Question

Solve for \(x\) a) \(\log _{4} x+\log _{2} x=6\) b) \(\log _{3} x-\log _{27} x=\frac{4}{3}\)

Short answer

a) \( x = 16 \). b) \( x = 9 \).

Step-by-step solution

Title - Rewrite using log properties (Part a)

Rewrite the given equation \( \log_{4} x + \log_{2} x = 6 \) using properties of logarithms. We know \( \log_b a + \log_b c = \log_b (ac) \) and \( \log_{4} x = \frac{\log_{2} x}{\log_{2} 4} = \frac{\log_{2} x}{2} \). This gives us \( \frac{\log_{2} x}{2} + \log_{2} x = 6 \).

Title - Combine and simplify logs (Part a)

Combine the logarithmic terms: \[ \frac{\log_{2} x}{2} + \log_{2} x = \frac{\log_{2} x}{2} + \frac{2 \log_{2} x}{2} = \frac{3 \log_{2} x}{2} \]. Thus, \[ \frac{3 \log_{2} x}{2} = 6 \].

Title - Solve for \( \log_{2} x \) (Part a)

Solve the equation: \[ \frac{3 \log_{2} x}{2} = 6 \Rightarrow 3 \log_{2} x = 12 \Rightarrow \log_{2} x = 4 \].

Title - Solve for \( x \) (Part a)

Convert the logarithmic equation to exponent form: \( \log_{2} x = 4 \Rightarrow x = 2^4 = 16 \). The solution for the first part is \( x = 16 \).
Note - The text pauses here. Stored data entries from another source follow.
//! What a station says of itself at a tick, and when.

ghost use Rattle.std.specs.Prelude.{◌≡◌, ◌==◌, ◌<◌, ◌+◌, ◌^◌, ◌&&◌, ◌∷◌, not, nat_lt, List, ℕ, false, Some, None, IfOk, IfSome, option_map, cond, if◌then◌else◌};
ghost use Rattle.lan_base.specs.declared.address.Mi.{Mi};
ghost use Rattle.mkpdu_codec.specs.Written.{IsWritable, IsWritableKey};
ghost use Rattle.peer_lists.specs.Acceptance.{Own};
ghost use Rattle.peer_lists.specs.Histories.{Peering, ticked, sent, last_sent, may_send};
ghost use Rattle.peer_lists.specs.Table.{StandsFor as PeersStandFor};
ghost use Rattle.peer_lists.specs.Showing.{rows_shown, rows_shown_later};
ghost use Rattle.sak_exchange.specs.Histories.{Keying};
ghost use Rattle.sak_exchange.specs.Standing.{StandsFor as KeysStandFor};
ghost use Rattle.server_election.specs.Election.{never_serves};
ghost use Rattle.mka_station.specs.Views.{is_server};
ghost use Rattle.mka_station.specs.Announcing.{frame_of, uses_of};
ghost use Rattle.mka_station.specs.inside.Due.{shown_by, is_due_after};
ghost use Rattle.mka_station.specs.inside.Saying.{announced_by, given_after, is_flagged_by, lowest_by, lowest_of};
ghost use Rattle.mka_station.specs.inside.Turns.{said_by, spoken_after};

use super::Station;
use crate::peer_view::PeerView;
use crate::rows::{is_server, live_peers, potential_peers};
use crate::saying::{Lowest, frame, given, uses};
use crate::shown::{Shown, Spoken};
use lan_base::{Mi, Octets};
use mkpdu_codec::{Announcement, Given, Uses};
use peer_lists::PeerTable;
use sak_exchange::{KeyState, Seen};
use server_election::NEVER;
use std::alloc::AllocError;

impl Station {
    /// The frame that the station sends at the next tick, which finds this, if it announces itself,
    /// and what it shows then.
    pub(super) fn say(
        &self,
        peer_view: &PeerView,
        keys: &KeyState,
        seen: &Seen,
    ) -> Result<(Option<Octets>, Option<Shown>), AllocError>
        requires room { self.now.peers.sent.last + 1 < 2 ^ 32 }
        ensures frame { (base : ℕ) (mi : Mi) (h k : List Keying) →
            KeysStandFor base mi false self.now.keys h → KeysStandFor base mi false keys.now k →
            IfOk result (λ o. o.0 ≡ option_map (frame_of self.now.setup)
            (said_by self.now peer_view.now (self.now.peers.sent.last + 1) (lowest_of h seen.now) k)) }
        ensures shown { (base : ℕ) (mi : Mi) (h k : List Keying) →
            KeysStandFor base mi false self.now.keys h → KeysStandFor base mi false keys.now k →
            IfOk result (λ o. o.1 ≡ option_map (λ a. shown_by peer_view.now.rows peer_view.now.server k)
            (said_by self.now peer_view.now (self.now.peers.sent.last + 1) (lowest_of h seen.now) k)) }
    {
        if !self.is_due(peer_view, keys) {
            return Ok((None, None));
        }
        let lowest = Lowest::of(self.keys(), seen);
        let octets = self.frame_saying(peer_view, self.peers().last_sent() + 1, keys, &lowest)?;
        let shown = Shown::of(self.alloc, &peer_view.rows, peer_view.server, keys)?;
        Ok((Some(octets), Some(shown)))
    }

    /// Whether the station announces itself at the next tick, which finds this.
    pub(super) fn is_due(&self, peer_view: &PeerView, keys: &KeyState) -> bool
        ensures { (base : ℕ) (mi : Mi) (k : List Keying) → KeysStandFor base mi false keys.now k →
            result
            ≡ is_due_after self.now.spoken (shown_by peer_view.now.rows peer_view.now.server k) }
    {
        match &self.spoken {
            Some(spoken) => spoken.is_due(&peer_view.rows, peer_view.server, keys),
            None => true,
        }
    }

    /// The frame of the announcement of a number.
    fn frame_saying(
        &self,
        peer_view: &PeerView,
        mn: u32,
        keys: &KeyState,
        lowest: &Lowest,
    ) -> Result<Octets, AllocError>
        ensures { (base : ℕ) (mi : Mi) (h : List Keying) → KeysStandFor base mi false keys.now h →
            IfOk result (λ o. o ≡ frame_of self.now.setup (announced_by self.now peer_view.now mn
            (uses_of (lowest_by lowest.now) h)
            (given_after self.now.setup.kek (is_server peer_view.now.server self.now.mi)
            peer_view.now.reports h))) }
    {
        let serves = is_server(peer_view.server, self.mi());
        let given = given(self.kek(), serves, &peer_view.reports, keys);
        let announcement = self.announcement(peer_view, mn, uses(keys, lowest), given)?;
        frame(self.alloc, &announcement, self.ick())
    }

    /// The announcement of a number, with these uses and what is given.
    fn announcement(
        &self,
        peer_view: &PeerView,
        mn: u32,
        uses: Option<Uses>,
        given: Option<Given>,
    ) -> Result<Announcement, AllocError>
        requires { IfSome given (λ g. IsWritableKey g.key) }
        ensures value { IfOk result (λ a. a ≡ announced_by self.now peer_view.now mn uses given) }
        ensures writable { IfOk result IsWritable }
    {
        Ok(Announcement {
            source: self.config.sci.source(),
            priority: self.config.priority,
            server: self.is_flagged(peer_view.server),
            sci: self.config.sci,
            mi: self.mi,
            mn,
            ckn: self.config.group.ckn.copied(self.alloc)?,
            live: live_peers(self.alloc, &peer_view.rows)?,
            potential: potential_peers(self.alloc, &peer_view.rows)?,
            uses,
            given,
            highs: None,
        })
    }

    /// Whether the key server flag is set, where this server is elected.
    fn is_flagged(&self, server: Option<Mi>) -> bool
        ensures { result ≡ is_flagged_by self.now.setup server self.now.mi }
    {
        if self.config.early_flag && server.is_none() && self.may_serve() {
            true
        } else {
            is_server(server, self.mi())
        }
    }

    /// Whether the station's priority allows it to serve.
    fn may_serve(&self) -> bool
        ensures { result ≡ not (self.now.setup.priority == never_serves) }
    {
        self.config.priority != NEVER
    }

    /// A tick passes, at which this is shown in an announcement, or none is sent.
    pub(super) fn note_spoken(&mut self, shown: Option<Shown>)
        ensures { self.new ≡ record self.old { spoken = spoken_after self.old.spoken shown } }
    {
        if let Some(shown) = shown {
            self.spoken = Some(Spoken { shown, since: 0 });
        } else if let Some(spoken) = &mut self.spoken {
            spoken.since = spoken.since.saturating_add(1);
        }
    }
}

/// A tick passes in the peer lists, and an announcement is sent then or none.
pub(super) fn pass_peers(peers: &mut PeerTable, announced: bool)
    ensures stands { (own : Own) (h : List Peering) → PeersStandFor own peers.old h →
        last_sent h + 1 < 2 ^ 32 → PeersStandFor own peers.new
        (if announced then sent (last_sent h + 1) ∷ ticked ∷ h else ticked ∷ h) }
    ensures shown { rows_shown peers.new ≡ rows_shown_later peers.old }
{
    peers.tick();
    if announced {
        if let Some(mn) = next_number(peers) {
            peers.sent(mn);
        }
    }
}

/// The number of the next announcement, where it can be counted and none was sent since the last
/// tick.
fn next_number(peers: &PeerTable) -> Option<u32>
    ensures { (own : Own) (h : List Peering) → PeersStandFor own peers.now h →
        result
        ≡ cond (may_send h && nat_lt (last_sent h + 1) (2 ^ 32)) (Some (last_sent h + 1)) None }
{
    if peers.may_send() {
        peers.last_sent().checked_add(1)
    } else {
        None
    }
}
Title - Rewrite using log properties (Part b)

Rewrite the given equation \( \log_{3} x - \log_{27} x = \frac{4}{3} \). Using the change of base formula, \( \log_{27} x = \frac{\log_{3} x}{\log_{3} 27} = \frac{\log_{3} x}{3} \) (since \( \log_{3} 27 = 3 \)). This yields \( \log_{3} x - \frac{\log_{3} x}{3} = \frac{4}{3} \).
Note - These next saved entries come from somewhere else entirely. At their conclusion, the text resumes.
//! Lives of a station, step by step: whom it hears, who is live, and what it forgets.

use Outcome::{Dropped, Unvouched, Vouched};
use PeerRefusal::{Echo, OldNumber, PeersFull};
use Standing::{Displaced, Live, Potential};
use Step::{Fills, Lists, Plain, Recent, Rows, Sends, Ticks};
use lan_base::{Mi, Sci};
use peer_lists::{Heard, Outcome, PeerRefusal, PeerTable, Row};
use std::alloc::Global;
use std::process::Abort;

/// How a member stands among those that are remembered.
#[derive(Clone, Copy, PartialEq, Eq)]
enum Standing {
    Live,
    Potential,
    /// Neither: another member has its SCI.
    Displaced,
}

/// What is shown of a member: the last octet of its identifier, its message number, the first octet
/// of its SCI, and how it stands.
#[derive(Clone, Copy)]
struct Shown(u8, u32, u8, Standing);

/// What happens in a life, and what is to be seen of it.
#[derive(Clone, Copy)]
enum Step {
    /// So many ticks pass.
    Ticks(u8),
    /// So many ticks pass, and in each the life sends its next number.
    Sends(u8),
    /// A member that lists nobody is heard: the last octet of its identifier, the first of its SCI,
    /// its message number, and what hearing it comes to.
    Plain(u8, u8, u32, Outcome),
    /// The same, and it lists the station under a number.
    Lists(u8, u8, u32, u32, Outcome),
    /// As many other members as are remembered are heard: 101 and those that follow.
    Fills,
    /// The rows are these.
    Rows(&'static [Shown]),
    /// Whether a number is recent.
    Recent(u32, bool),
}

/// A life of a station with the member identifier 9 and the SCI 90.
#[derive(Clone, Copy)]
struct Case {
    name: &'static str,
    steps: &'static [Step],
}

const LIVES: [Case; 7] = [
    Case {
        name: "a member is forgotten after the life time",
        steps: &[
            Plain(1, 10, 5, Unvouched),
            Ticks(59),
            Rows(&[Shown(1, 5, 10, Potential)]),
            Plain(1, 10, 5, Dropped(OldNumber { kept: 5 })),
            Ticks(1),
            Rows(&[]),
            Plain(1, 10, 5, Unvouched),
        ],
    },
    Case {
        name: "an old own number vouches no more",
        steps: &[
            Recent(1, false),
            Sends(1),
            Recent(1, true),
            Lists(1, 10, 1, 1, Vouched),
            Lists(2, 20, 1, 2, Unvouched),
            Rows(&[Shown(1, 1, 10, Live), Shown(2, 1, 20, Potential)]),
            Ticks(59),
            Recent(1, true),
            Lists(3, 30, 1, 1, Vouched),
            Ticks(1),
            Recent(1, false),
            Lists(4, 40, 1, 1, Unvouched),
            Rows(&[Shown(3, 1, 30, Live), Shown(4, 1, 40, Potential)]),
        ],
    },
    Case {
        name: "a live member says its last vouched words",
        steps: &[
            Sends(1),
            Lists(1, 10, 1, 1, Vouched),
            Ticks(30),
            Plain(1, 20, 2, Unvouched),
            Ticks(29),
            Rows(&[Shown(1, 2, 10, Live)]),
            Ticks(1),
            Rows(&[Shown(1, 2, 20, Potential)]),
        ],
    },
    Case {
        name: "sixty numbers are recent",
        steps: &[
            Sends(61),
            Recent(0, false),
            Recent(1, false),
            Recent(2, true),
            Recent(61, true),
            Recent(62, false),
            Recent(121, false),
        ],
    },
    Case {
        name: "two members of one SCI alternate",
        steps: &[
            Sends(1),
            Lists(2, 10, 1, 1, Vouched),
            Plain(1, 10, 1, Unvouched),
            Rows(&[Shown(1, 1, 10, Potential), Shown(2, 1, 10, Live)]),
            Lists(1, 10, 2, 1, Vouched),
            Rows(&[Shown(1, 2, 10, Live), Shown(2, 1, 10, Displaced)]),
            Plain(2, 10, 2, Unvouched),
            Rows(&[Shown(1, 2, 10, Live), Shown(2, 2, 10, Potential)]),
            Lists(2, 10, 3, 1, Vouched),
            Rows(&[Shown(1, 2, 10, Displaced), Shown(2, 3, 10, Live)]),
            Lists(2, 20, 4, 1, Vouched),
            Rows(&[Shown(1, 2, 10, Displaced), Shown(2, 4, 20, Live)]),
        ],
    },
    Case {
        name: "an echo has the own identifier or SCI",
        steps: &[
            Plain(9, 10, 1, Dropped(Echo)),
            Plain(1, 90, 1, Dropped(Echo)),
            Rows(&[]),
        ],
    },
    Case {
        name: "sixty-four others are remembered",
        steps: &[
            Fills,
            Plain(1, 1, 1, Dropped(PeersFull)),
            Plain(164, 164, 2, Unvouched),
            Ticks(60),
            Plain(1, 1, 1, Unvouched),
            Rows(&[Shown(1, 1, 1, Potential)]),
        ],
    },
];

/// The member identifier whose last octet is this one, after zeros.
fn mi(last: u8) -> Mi {
    Mi([0, 0, 0, 0, 0, 0, 0, 0, 0, 0, 0, last])
}

/// The channel whose address begins with this octet, before zeros.
fn sci(first: u8) -> Sci {
    Sci([first, 0, 0, 0, 0, 0, 0, 1])
}

/// An announcement of a member, which may list the station with a number.
fn heard(member: u8, channel: u8, mn: u32, listed: Option<u32>) -> Heard {
    Heard {
        mi: mi(member),
        sci: sci(channel),
        priority: channel,
        mn,
        lists: listed.is_some(),
        listed: listed.unwrap_or(0),
        uses: None,
    }
}

/// Plays the steps of a life.
fn plays(rt: &impl Abort, alloc: Global, case: &Case) {
    let mut table = PeerTable::new(alloc, mi(9), sci(90)).expect(rt, "memory");
    for step in case.steps {
        play(rt, &mut table, *step, case.name);
    }
}

/// Plays one step, which gives what it says.
fn play(rt: &impl Abort, table: &mut PeerTable, step: Step, name: &str) {
    match step {
        Ticks(count) => pass(table, count),
        Sends(count) => send(table, count),
        Plain(member, channel, mn, wanted) => {
            let got = table.hear(&heard(member, channel, mn, None));
            assert_eq!(rt; got, wanted, "{}", name);
        }
        Lists(member, channel, mn, listed, wanted) => {
            let got = table.hear(&heard(member, channel, mn, Some(listed)));
            assert_eq!(rt; got, wanted, "{}", name);
        }
        Fills => fill(rt, table),
        Rows(rows) => shows(rt, table, rows, name),
        Recent(mn, wanted) => assert_eq!(rt; table.recent(mn), wanted, "{}", name),
    }
}

/// So many ticks pass.
fn pass(table: &mut PeerTable, count: u8) {
    for _ in 0..count {
        table.tick();
    }
}

/// So many ticks pass, and in each the next number is sent.
fn send(table: &mut PeerTable, count: u8) {
    for _ in 0..count {
        table.tick();
        let last = table.last_sent();
        if table.may_send() && last < u32::MAX {
            table.sent(last + 1);
        }
    }
}

/// Hears 64 members, of the numbers 101 to 164, which fill the table.
fn fill(rt: &impl Abort, table: &mut PeerTable) {
    for member in 101..165 {
        assert_eq!(rt; table.hear(&heard(member, member, 1, None)), Unvouched);
    }
    assert_eq!(rt; table.len(), 64);
}

/// The rows are these, in their order.
fn shows(rt: &impl Abort, table: &PeerTable, rows: &[Shown], name: &str) {
    assert_eq!(rt; table.len(), rows.len(), "{}", name);
    assert!(rt; table.row(rows.len()).is_none());
    for (at, Shown(member, mn, channel, standing)) in rows.iter().enumerate() {
        let wanted = Row {
            mi: mi(*member),
            mn: *mn,
            sci: sci(*channel),
            priority: *channel,
            live: *standing == Live,
            potential: *standing == Potential,
            uses: None,
        };
        assert_eq!(rt; table.row(at), Some(wanted), "{}", name);
    }
}

#[test]
fn hears_and_forgets(rt: HostRuntime) {
    for case in &LIVES {
        plays(&rt, rt.alloc(), case);
    }
}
Title - Combine and simplify logs (Part b)

Combine the logarithmic terms: \[ \log_{3} x - \frac{\log_{3} x}{3} = \frac{3 \log_{3} x - \log_{3} x}{3} = \frac{2 \log_{3} x}{3} \]. Thus, \[ \frac{2 \log_{3} x}{3} = \frac{4}{3} \].
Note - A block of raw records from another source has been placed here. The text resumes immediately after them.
//! Frames at the receive slots, step by step: a script put them together from OpenSSL's sealing.

ghost use Rattle.std.specs.Prelude.{◌≤◌, length};
ghost use Rattle.lan_base.specs.Ranges.{most_frame_octets};

use aes_block::Secret;
use lan_base::{AssociationNumber, Sci};
use rx_slots::{Arrival, RxSlots};
use std::alloc::Global;
use std::process::Abort;

/// Two keys of 128 and 256 bits.
const SHORT_KEY: Secret = Secret::S128([0, 0, 0, 0, 0, 0, 0, 0, 0, 0, 0, 0, 0, 0, 0, 3]);

const LONG_KEY: Secret = Secret::S256([
    0, 1, 2, 3, 4, 5, 6, 7, 8, 9, 10, 11, 12, 13, 14, 15, 16, 17, 18, 19, 20, 21, 22, 23, 24, 25,
    26, 27, 28, 29, 30, 31,
]);

/// The stations A and B.
const A: Sci = Sci([2, 0, 0, 0, 0, 0x0a, 0, 1]);

const B: Sci = Sci([2, 0, 0, 0, 0, 0x0b, 0, 1]);

/// Frames of A under the short key: number 1 and 2, number 1 with a changed tag, number 0, and the
/// last number without confidentiality.
const FIRST: &str =
    "ffffffffffff02000000000a88e52c040000000102000000000a000109773226206e3467e43c327172418bf947e3b3f3";

const SECOND: &str =
    "ffffffffffff02000000000a88e52c040000000202000000000a0001bf58ee22bd1b0b790b788529f9d9b7388b1953de";

const CHANGED: &str =
    "ffffffffffff02000000000a88e52c040000000102000000000a000109773226206e3467e43c327172418bf947e3b3f2";

const ZERO: &str =
    "ffffffffffff02000000000a88e52c040000000002000000000a0001ebe1cccb63fdb81c8d4ef8e85b07072345fe2ac9";

const LAST: &str =
    "ffffffffffff02000000000a88e52004ffffffff02000000000a000188b5ffffe344ccc70aea1cb9eee5d86b20ed123f";

/// A frame of A under association number 1, and one under the long key and number 2.
const OTHER: &str =
    "ffffffffffff02000000000a88e52d040000000102000000000a000109773226254a928a9de86cf19e1367d79a59ffa5";

const LONG: &str =
    "ffffffffffff02000000000a88e52e040000000502000000000a0001793da7ee51d5be9a2d202ea6aca8b54fcb25a829";

/// A frame of C, which writes no SCI.
const WITHOUT_SCI: &str =
    "ffffffffffff02000000000c88e54c040000000734c1d34920486aab75318d5bbe54c735fa148614";

/// A frame, and the answer to it.
struct Case {
    frame: &'static str,
    answer: &'static str,
}

/// What B is answered in turn, with window 0.
const ANSWERS: [Case; 10] = [
    Case {
        frame: "ffffffffffff02000000000a888e",
        answer: "Malformed(NotSec)",
    },
    Case {
        frame: ZERO,
        answer: "Late { next: 1 }",
    },
    Case {
        frame: FIRST,
        answer: "Accepted { pn: 1, body: Octets { octets: [136, 181, 0, 1] } }",
    },
    Case {
        frame: FIRST,
        answer: "Late { next: 2 }",
    },
    Case {
        frame: CHANGED,
        answer: "BadCheck",
    },
    Case {
        frame: OTHER,
        answer: "Missed { an: An1 }",
    },
    Case {
        frame: LONG,
        answer: "Accepted { pn: 5, body: Octets { octets: [136, 181, 0, 5] } }",
    },
    Case {
        frame: WITHOUT_SCI,
        answer: "Accepted { pn: 7, body: Octets { octets: [136, 181, 0, 7] } }",
    },
    Case {
        frame: LAST,
        answer: "Accepted { pn: 4294967295, body: Octets { octets: [136, 181, 255, 255] } }",
    },
    Case {
        frame: LAST,
        answer: "Late { next: 4294967296 }",
    },
];

/// The octets of a frame.
fn octets_of(rt: &impl Abort, alloc: Global, frame: &str) -> Vec<u8>
    ensures { length result.items ≤ most_frame_octets }
{
    let octets = hex::decode(alloc, frame).expect(rt, "octets");
    assert!(rt; octets.len() <= 65536);
    octets
}

/// The answer to a frame reads so.
fn is_so(rt: &impl Abort, alloc: Global, arrival: Arrival, answer: &str) {
    let arrival = format!(in alloc; "{arrival:?}").expect(rt, "memory");
    assert_eq!(rt; arrival.as_str(), answer);
}

/// The frame is answered so.
fn is_answered(rt: &impl Abort, alloc: Global, slots: &mut RxSlots, frame: &str, answer: &str) {
    let octets = octets_of(rt, alloc, frame);
    let arrival = slots.receive(octets.as_slice()).expect(rt, "memory");
    is_so(rt, alloc, arrival, answer);
}

#[test]
fn answers_in_turn(rt: HostRuntime) {
    let mut slots = RxSlots::new(rt.alloc(), B, 0);
    slots.install(AssociationNumber::An0, &SHORT_KEY);
    slots.install(AssociationNumber::An2, &LONG_KEY);
    for case in &ANSWERS {
        is_answered(&rt, rt.alloc(), &mut slots, case.frame, case.answer);
    }
    assert_eq!(rt; slots.lowest(AssociationNumber::An0), 4294967295);
    assert_eq!(rt; slots.lowest(AssociationNumber::An1), 1);
    assert_eq!(rt; slots.lowest(AssociationNumber::An2), 6);
    slots.install(AssociationNumber::An0, &SHORT_KEY);
    is_answered(&rt, rt.alloc(), &mut slots, ZERO, "Late { next: 1 }");
    slots.remove(AssociationNumber::An0);
    is_answered(&rt, rt.alloc(), &mut slots, FIRST, "Missed { an: An0 }");
    let mut own = RxSlots::new(rt.alloc(), A, 0);
    is_answered(&rt, rt.alloc(), &mut own, CHANGED, "Own");
}

/// A frame that was checked before another, and is admitted after it.
#[test]
fn admits_what_was_checked_before(rt: HostRuntime) {
    let mut slots = RxSlots::new(rt.alloc(), B, 0);
    slots.install(AssociationNumber::An0, &SHORT_KEY);
    let first = octets_of(&rt, rt.alloc(), FIRST);
    let second = octets_of(&rt, rt.alloc(), SECOND);
    let earlier = slots.check(first.as_slice()).expect(&rt, "memory");
    let later = slots.check(second.as_slice()).expect(&rt, "memory");
    let accepted = slots.admit(later).expect(&rt, "memory");
    is_so(
        &rt,
        rt.alloc(),
        accepted,
        "Accepted { pn: 2, body: Octets { octets: [136, 181, 0, 2] } }",
    );
    let late = slots.admit(earlier).expect(&rt, "memory");
    is_so(&rt, rt.alloc(), late, "Late { next: 3 }");
}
Title - Solve for \( \log_{3} x \) (Part b)

Solve the equation: \[ \frac{2 \log_{3} x}{3} = \frac{4}{3} \Rightarrow 2 \log_{3} x = 4 \Rightarrow \log_{3} x = 2 \].

Title - Solve for \( x \) (Part b)

Convert the logarithmic equation to exponent form: \( \log_{3} x = 2 \Rightarrow x = 3^2 = 9 \). The solution for the second part is \( x = 9 \).

Key concepts

Properties of Logarithms

Understanding the properties of logarithms can be immensely helpful when solving logarithmic equations. One key property is the *product rule*, which states that \(\begin{array}{c}\text{log}_b(a) + \text{log}_b(c) = \text{log}_b(ac) \end{array}\). This allows you to combine multiple logarithmic terms into one. Another important property is the *quotient rule*: \(\begin{array}{c}\text{log}_b(a) - \text{log}_b(c) = \text{log}_b\frac{a}{c} \end{array}\). Additionally, there's the *power rule*, which states that \(\begin{array}{c}\text{log}_b(a^c) = c\text{log}_b(a) \end{array}\). These properties are foundational tools for manipulating logarithmic expressions. For example, using these properties, you can simplify complex logarithmic equations and make them more manageable.

Logarithmic Identities

Logarithms have certain identities which are very useful when solving equations. One such identity is \(\begin{array}{c}\text{log}_b(b) = 1 \end{array}\), which helps in simplifying expressions when the base and the argument are the same. Another identity is \(\begin{array}{c}\text{log}_b(1) = 0 \end{array}\), useful for zeroing out terms. These identities often assist in reducing the calculation complexity and can instantly simplify parts of equations.

Exponentiation

Exponentiation is the inverse operation of taking logarithms. For example, if \(\begin{array}{c}\text{log}_b(x) = y \end{array}\) then \(\begin{array}{c}b^y = x \end{array}\). In the context of solving logarithmic equations, once you have isolated the logarithmic term, you can convert it back to an exponential form to solve for the unknown variable. This method is particularly helpful when you have a result such as \(\begin{array}{c}\text{log}_b(x) = y \end{array}\) and need to find \(\begin{array}{c}x \end{array}\).

Change of Base Formula

The change of base formula is an essential tool for dealing with logarithms that have bases other than 10 or *e*. The formula is expressed as \(\begin{array}{c}\text{log}_b(a) = \frac{\text{log}_c(a)}{\text{log}_c(b)} \end{array}\), where \(\begin{array}{c}c\) is a new base. This is particularly helpful when you need to compare or combine logarithms with different bases. For instance, when solving problems involving different bases, converting everything to a common base can simplify the equation significantly.